I FOUND MY FIRST FOSSIL. (Note: this sentence is underlined several times in my original notes.)
Spent the day on Hawk Rim. For anyone who's never had the experience of walking on loose paleosols, here's an easy way to broaden your horizons: buy a few million ping pong balls, scatter them on a slope, and then go for a stroll. Alas, going the recreation route is likely to cheat you out of the chance to find an early Miocene horse toe (like the one pictured above) unless you also stock your gigantic ball pit with various fossils.
"So you're a real paleontologist now," my advisor said. I guess that another graduate degree wouldn't be necessary if becoming a paleontologist depended on performative utterance, but I'll take it for now.
None of that was really the main point of the day.
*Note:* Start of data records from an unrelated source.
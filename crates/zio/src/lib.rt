//! What the program is handed from outside: streams, a clock, a hub of connections and a shelf of files.
//!
//! Each trait has an implementation in memory, which tells what it holds and has a list of calls that are to
//! fail. All but the hub also have a thin adapter over the real thing, which tells only its count of
//! faults.
#![tactic(auto)]

mod clock;
mod folder;
mod hub;
mod memory_clock;
mod memory_connection;
mod memory_hub;
mod memory_shelf;
mod memory_sink;
mod memory_source;
mod part_count;
mod pending;
mod reader_source;
mod refusal;
mod shelf;
mod sink;
mod source;
mod system_clock;
mod unread;
mod writer_sink;

pub use clock::Clock;
pub use folder::Folder;
pub use hub::Hub;
pub use memory_clock::MemoryClock;
pub use memory_connection::MemoryConnection;
pub use memory_hub::MemoryHub;
pub use memory_shelf::{MemoryFile, MemoryShelf};
pub use memory_sink::MemorySink;
pub use memory_source::MemorySource;
pub use pending::Pending;
pub use reader_source::ReaderSource;
pub use refusal::{OutsideRefusal, ShelfRefusal};
pub use shelf::Shelf;
pub use sink::Sink;
pub use source::Source;
pub use system_clock::SystemClock;
pub use writer_sink::WriterSink;
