ghost use Rattle.std.specs.Prelude.{◌≡◌, None};
ghost use Rattle.std.specs.declared.option.Option.{Option};

use crate::Source;
use std::io::Read;
use zbase::{Failed, FaultCount};

/// A source over any reader. It tells only how often it has failed.
#[derive(Drop)]
pub struct ReaderSource<R> {
    reader: R,
    faults: FaultCount,
}

impl<R: Read> ReaderSource<R> {
    /// A source over this reader, which has not failed so far.
    pub fn new(reader: R) -> ReaderSource<R>
        ensures count { (⟦<ReaderSource<R> as Source>⟧.counter result).count ≡ 0 }
    {
        ReaderSource {
            reader,
            faults: FaultCount::new(),
        }
    }
}

impl<R: Read> Source for ReaderSource<R> {
    ghost left = { λ _. None };

    ghost counter = { λ source. source.faults };

    fn read(&mut self, buf: &mut [u8]) -> Result<usize, Failed> {
        match self.reader.read(buf) {
            Ok(count) => Ok(count),
            Err(_) => Err(self.faults.fault()),
        }
    }
}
More to that point, we spent the day getting familiar with the area's stratigraphic units. The day was rife with allusions to the strong alliance between paleontology and geology, which shouldn't come as a surprise in a camp hosted by an Earth Sciences department. There's a lot of common language and shared methodology.
This is only worth noting insofar as my previous experience with paleontology has been almost entirely in the context of evolutionary biology, a field whose terminology has been entirely absent from camp discussions so far. I found myself wondering at one point, "What would Kuhn say?" He'd say that shared language (and not some stuff you read in Stephen Jay Gould essays) is the key indicator of disciplinary alliance, is what.
It's kind of a zebra stripe thing--are paleontologists doing geology that helps biology or biology that depends on geology?
Kuhn is also making an appearance in the blog post I'm writing. (Note: we can now change "I'm writing" to "I wrote.") This is not how I'd prefer to decorate my headspace, but here we are.